Researchers discovered that gemfibrozil, also known by the brand name Lopid, helps to remove the autofluorescent pigment deposits that are a characteristic of the condition from the brain. The lipid-protein fragments that make up autofluorescent pigment deposits build up in the brain over time and suffocate healthy cells by depriving them of oxygen, which causes neuronal death.

Childhood-onset juvenile Batten disease is an uncommon but severe neurodegenerative condition that results in seizures, visual loss, and progressive neurological degeneration, which is the loss of brain structure and function. In the US, it affects two to four out of every 100,000 babies, according to estimates. Batten disease is inherited in an autosomal recessive pattern and is caused by the deletion of the CLN3 gene, which codes for the production of a protein that is present in all bodily tissues. There is currently no medication that can stop or slow the development of the condition. “Finding an effective drug to protect the brain and stop the progression of Batten is an important area of research,” said Kalipada Pahan, Ph.D., the Floyd A. Davis professor of neurology.

Children with Batten disease eventually go blind, become comatose, and develop mental illness. A condition that shortens life is juvenile Batten disease. The type or variation can affect life expectancy. Depending on how quickly the disease develops, death typically happens in the 20s.”We have found that oral gemfibrozil successfully reduces inflammation in the brain, decreases brain accumulation of toxic autofluorescent pigment deposits, and improves locomotor activities in mice that are missing the CLN3 gene,” Pahan said.
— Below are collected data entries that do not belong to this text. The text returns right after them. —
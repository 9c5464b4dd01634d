//! Values, their copies and how large they are.
ghost use Rattle.std.specs.Prelude.{IfOk, ◌↔◌, IsTrue, ◌≡◌, ◌≤◌, ◌<◌, ◌+◌, ◌-◌, ◌^◌, [], ◌∷◌, ◌++◌, ℕ, suc, length, map, min};
ghost use Rattle.qk_value.specs.Measures.{weight as weight_of, weights as weights_of, depth as depth_of, depths as depths_of};
ghost use Rattle.qk_value.specs.Order.{compare as compare_of, compare_all as compare_all_of, rank as rank_of};
ghost use Rattle.qk_value.specs.View.{view_value, view_values};

use qk_base::{Memory, Seq};
use std::alloc::Global;
use std::cmp::Ordering;

/// A value that a property draws, computes with, shrinks and prints.
#[derive(Drop)]
pub enum Value {
    Int(i64),
    Bool(bool),
    List(Seq<Value>),
    Pair(Box<Value>, Box<Value>),
    /// A value of a user type: the numbers of its type and of its maker there, and the maker's parts.
    Made {
        kind: u32,
        maker: u32,
        parts: Seq<Value>,
    },
}

impl Value {
    /// An equal value. It costs a step for each part.
    #[cycle(copy)]
    pub fn copy(&self, alloc: Global) -> Result<Value, Memory>
        ensures { IfOk result (λ copy. view_value copy ≡ view_value self.now) }
    {
        match self {
            Value::Int(n) => Ok(Value::Int(*n)),
            Value::Bool(b) => Ok(Value::Bool(*b)),
            Value::List(items) => Ok(Value::List(copy_all(alloc, items.as_slice())?)),
            Value::Pair(a, b) => {
                let first = a.copy(alloc)?;
                let second = b.copy(alloc)?;
                Ok(Value::Pair(Box::new(alloc, first)?, Box::new(alloc, second)?))
            }
            Value::Made { kind, maker, parts } => Ok(Value::Made {
                kind: *kind,
                maker: *maker,
                parts: copy_all(alloc, parts.as_slice())?,
            }),
        }
    }

    /// How deep parts nest: 1 for a value without parts, else 1 and the greatest depth of a part; at most 2^64 - 1.
    #[cycle(depth)]
    pub fn depth(&self) -> u64
        ensures { result ≡ min (depth_of (view_value self.now)) u64.MAX }
    {
        match self {
            Value::Int(_) => 1,
            Value::Bool(_) => 1,
            Value::List(items) => depth_all(items.as_slice()).saturating_add(1),
            Value::Pair(a, b) => a.depth().max(b.depth()).saturating_add(1),
            Value::Made { parts, .. } => depth_all(parts.as_slice()).saturating_add(1),
        }
    }

    /// Numbers by size, false before true, lists and pairs by their first difference with a proper front first, made values by maker
    /// and then by parts. Values of two types come in the order of the enum's variants, and made values by their types' numbers.
    #[cycle(compare)]
    pub fn compare(&self, other: &Value) -> Ordering
        ensures { result ≡ compare_of (view_value self.now) (view_value other.now) }
    {
        match (self, other) {
            (Value::Int(m), Value::Int(n)) => m.cmp(n),
            (Value::Bool(b), Value::Bool(c)) => b.cmp(c),
            (Value::List(xs), Value::List(ys)) => compare_all(xs.as_slice(), ys.as_slice()),
            (Value::Pair(a, b), Value::Pair(c, d)) => a.compare(c).then(b.compare(d)),
            (
                Value::Made { kind, maker, parts },
                Value::Made {
                    kind: other_kind,
                    maker: other_maker,
                    parts: other_parts,
                },
            ) => kind
                .cmp(other_kind)
                .then(maker.cmp(other_maker))
                .then(compare_all(parts.as_slice(), other_parts.as_slice())),
            _ => self.rank().cmp(&other.rank()),
        }
    }

    fn rank(&self) -> u8
        ensures { result ≡ rank_of (view_value self.now) }
    {
        match self {
            Value::Int(_) => 0,
            Value::Bool(_) => 1,
            Value::List(_) => 2,
            Value::Pair(_, _) => 3,
            Value::Made { .. } => 4,
        }
    }

    /// The number of parts, the value itself counted: 1, and the weights of its parts; 2^64 - 1 where that sum is greater.
    #[cycle(weight)]
    pub fn weight(&self) -> u64
        ensures { result ≡ min (weight_of (view_value self.now)) u64.MAX }
    {
        match self {
            Value::Int(_) => 1,
            Value::Bool(_) => 1,
            Value::List(items) => weight_all(items.as_slice()).saturating_add(1),
            Value::Pair(a, b) => a.weight().saturating_add(b.weight()).saturating_add(1),
            Value::Made { parts, .. } => weight_all(parts.as_slice()).saturating_add(1),
        }
    }
}

#[cycle(weight)]
fn weight_all(items: &[Value]) -> u64
    ensures { result ≡ min (weights_of (view_values items.now)) u64.MAX }
{
    let mut sum = 0u64;
    for item in items {
        sum = sum.saturating_add(item.weight());
    }
    sum
}

#[cycle(compare)]
fn compare_all(xs: &[Value], ys: &[Value]) -> Ordering
    ensures { result ≡ compare_all_of (view_values xs.now) (view_values ys.now) }
{
    let shared = xs.len().min(ys.len());
    for i in 0..shared {
        let order = xs[i].compare(&ys[i]);
        if order != Ordering::Equal {
            return order;
        }
    }
    xs.len().cmp(&ys.len())
}

/// Equal values, in the same order.
#[cycle(copy)]
pub fn copy_all(alloc: Global, items: &[Value]) -> Result<Seq<Value>, Memory>
    ensures { IfOk result (λ copies. map view_value copies.items ≡ map view_value items.now) }
{
    let mut copies = Seq::make(alloc);
    for item in items {
        copies.add(item.copy(alloc)?)?;
    }
    Ok(copies)
}

#[cycle(depth)]
fn depth_all(items: &[Value]) -> u64
    ensures { result ≡ min (depths_of (view_values items.now)) u64.MAX }
{
    let mut most = 0u64;
    for item in items {
        most = most.max(item.depth());
    }
    most
}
Effective lysosomes that aid in removing deposits from any part of the body are needed to remove hazardous substances from the brain, as is the transcription factor EB (TFEB), which is in charge of producing functional lysosomes. This is the control of fundamental cellular functions that help the body get rid of hazardous waste.

Researchers at RUSH University Medical Center have found a new mechanism for the molecule PPAR, which is present in the liver, fatty acids, and different regions of the brain, to stimulate TFEB. This discovery was made as part of the development of a new mouse model for studying juvenile Batten disease. The removal of waste by the TFEB molecule from the brain and other parts of the body may assist to halt future brain damage. “We were excited to see that oral gemfibrozil activates TFEB in the brain, which is the beginning of the process for clearing out dead cells from the body,” Pahan said.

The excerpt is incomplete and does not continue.